Of course that's what they've become. They were even convicted of it. What Big
Brother defines as terrorism has very little to do with reality, of course.

The real problem is if you make the penalty for non-violent protest the same
as the penalty for violent protest, you're relying solely on the perpetrators
ethics and morality to not shoot the place up and burn it down. After all they
get the same penalty for holding up a banner as for doing something actually
violent... so why not make "more" of a statement?

------
xenophilia
A group of people trespass into a nuclear weapons facility, carrying written
statements indicating they may be there to sabotage the weapons, already
caused damage to the facility, and they didn't expect something like this to
happen? I don't think their charges sound that terribly unreasonable. Maybe
somewhat excessive but it's definitely not a bigger deal than the NSA issue.

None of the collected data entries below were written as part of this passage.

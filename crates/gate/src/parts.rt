//! The parts, each of which prints what is told of its text.

use crate::statuses::statuses_are_right;
use anyhow::{Result, ensure};
use std::alloc::Global;
use std::fs::read_to_string;
use std::rt::Runtime;
use std::sync::Wait;
use std::thread::Threads;

// The parts that read a text, in their order. In `data` it has the part's name, and ends in `.txt`.
const READERS: [&str; 4] = ["cases", "lab", "rows", "port"];

/// Prints what is told of all parts, below a line with the name of each. A part of which a source is judged wrongly is
/// the last one. Its errors are those of the part, of a read and of a write.
pub(crate) fn print_all<R: Runtime + AllocGlobal + Threads + Wait + Sync>(
    rt: &R,
    alloc: Global,
) -> Result<()> {
    println!(rt; "#### statuses")?;
    print!(rt; "{}", statuses_are_right(rt, alloc)?)?;
    println!(rt; "#### checks")?;
    print!(rt; "{}", gate_checks::checked(rt, alloc)?)?;
    for name in READERS {
        let file = format!(in alloc; "{name}.txt")?;
        let input = read_to_string(rt, file.as_str())?;
        println!(rt; "#### {name}")?;
        print_part(rt, alloc, name, input.as_str())?;
    }
    Ok(())
}

/// Prints what the part of a name tells of a text. No other part reads one.
pub(crate) fn print_part<R: Runtime + AllocGlobal + Threads + Wait + Sync>(
    rt: &R,
    alloc: Global,
    name: &str,
    input: &str,
) -> Result<()> {
    match name {
        "cases" => print_cases(rt, alloc, input),
        "lab" => {
            print!(rt; "{}", gate_lab::told(rt, alloc, input)?)?;
            Ok(())
        }
        "rows" => print_bytes(rt, &gate_rows::told(alloc, input)?),
        "port" => print_bytes(rt, &gate_port::told(alloc, input.as_bytes())?),
        _ => {
            println!(rt; "no part reads a text by this name: cases, lab, rows, port do")?;
            Ok(())
        }
    }
}

// Sources with their verdicts, and sessions with their answers.
fn print_cases<R: Runtime + AllocGlobal + Threads + Wait + Sync>(
    rt: &R,
    alloc: Global,
    input: &str,
) -> Result<()> {
    let report = gate_cases::judge(rt, alloc, input)?;
    print!(rt; "{}", report.text)?;
    ensure!(
        report.wrong == 0,
        "{} sources are judged wrongly",
        report.wrong
    );
    Ok(())
}

// Prints bytes that are a text.
fn print_bytes<R: Runtime>(rt: &R, bytes: &[u8]) -> Result<()> {
    print!(rt; "{}", str::from_utf8(bytes).unwrap_or("no text"))?;
    Ok(())
}
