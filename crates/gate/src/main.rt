//! Cases and checks: the program that makes all of them. It prints what each crate of checks tells of its text in `data`.
//!
//! Above each part stands a line `#### NAME`. What is printed is compared with `stdout`. With the name of a part as its
//! word, as in `gate port < my.c`, it prints what that part tells of the standard input. One program does all, since
//! each program costs the gate minutes beside its proofs: two compilers build it, with all that it stands on.
#![tactic(auto)]

mod parts;
mod statuses;

use crate::parts::{print_all, print_part};
use anyhow::Result;
use om_parser::STACK_SIZE;
use om_shell::words_of;
use std::alloc::Global;
use std::io;
use std::rt::Runtime;
use std::sync::Wait;
use std::thread::{Builder, Threads};

// Makes the part that the command line names over the standard input, or all parts.
fn program<R: Runtime + AllocGlobal + Threads + Wait + Sync>(rt: &R, alloc: Global) -> Result<()> {
    let words = words_of(rt, alloc)?;
    let name = words.as_ref().and_then(|words| words.get(1));
    match name {
        Some(name) => {
            let input = io::read_to_string(alloc, rt.reader())?;
            print_part(rt, alloc, name.as_str(), input.as_str())
        }
        None => print_all(rt, alloc),
    }
}

fn main(rt: HostRuntime) -> Result<()> {
    let alloc = rt.alloc();
    let thread = Builder::new()
        .stack_size(STACK_SIZE)
        .spawn(&rt, move || program(&rt, alloc))?;
    thread.join(&rt)
}
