ghost use Rattle.std.specs.Prelude.{◌≡◌, ◌++◌, [], if◌then◌else◌, IfOk, IfErr};
ghost use Rattle.std.specs.List.{flat_map};
ghost use Rattle.cert_text.specs.WorldTexts as spec;

use crate::fault::CertFault;
use crate::text::put_entry;
use plain_data::{Bytes, Items, World};
use std::alloc::{AllocError, Global};

/// Puts the line of a word at the end of a text, where its place is one.
fn put_word(text: &mut Bytes, place: u64, word: u64) -> Result<(), AllocError>
    ensures { IfOk result (λ _. text.new ≡ text.old ++ (if spec.has_line (place, word) then spec.word_line (place, word) else [])) }
{
    if 1 <= place && place <= 4_294_967_295 {
        return put_entry(text, b'w', place, word);
    }
    Ok(())
}

fn put_words(text: &mut Bytes, world: &World) -> Result<(), AllocError>
    ensures { IfOk result (λ _. text.new ≡ text.old ++ flat_map (λ e. if spec.has_line e then spec.word_line e else []) world.now.words) }
{
    for (place, word) in world.words() {
        put_word(text, *place, *word)?;
    }
    Ok(())
}

fn put_bytes(text: &mut Bytes, world: &World) -> Result<(), AllocError>
    ensures { IfOk result (λ _. text.new ≡ text.old ++ flat_map spec.byte_line world.now.bytes) }
{
    for (address, byte) in world.bytes() {
        put_entry(text, b'b', *address, u64::from(*byte))?;
    }
    Ok(())
}

fn put_world(text: &mut Bytes, world: &World) -> Result<(), AllocError>
    ensures { IfOk result (λ _. text.new ≡ text.old ++ spec.world_text world.now) }
{
    text.extend_from_slice(b"sherlog world 1\n")?;
    put_words(text, world)?;
    put_bytes(text, world)?;
    text.extend_from_slice(b"end\n")?;
    Ok(())
}

/// The text of a world. A word whose place is outside 1 to 4294967295 has no line. It fails for want
/// of memory alone.
pub fn write_world(alloc: Global, world: &World) -> Result<Bytes, CertFault>
    ensures ok { IfOk result (λ bytes. bytes ≡ spec.world_text world.now) }
    ensures err { IfErr result (λ fault. fault ≡ CertFault.Memory) }
{
    let mut text = Items::new(alloc);
    match put_world(&mut text, world) {
        Ok(()) => Ok(text),
        Err(_) => Err(CertFault::Memory),
    }
}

What's the problem with nuclear weapons anyway? They're simply a fact of
international relations that you have to deal with. Should all of NATO have
just thrown all their nukes into the ocean during the cold war and let the
USSR have our way with them? They've only been used in wartime twice in
history, and that was to save far more lives than it took, and since then
they've been an adequate deterrent.
[http://en.wikipedia.org/wiki/Mutual_assured_destruction](http://en.wikipedia.org/wiki/Mutual_assured_destruction)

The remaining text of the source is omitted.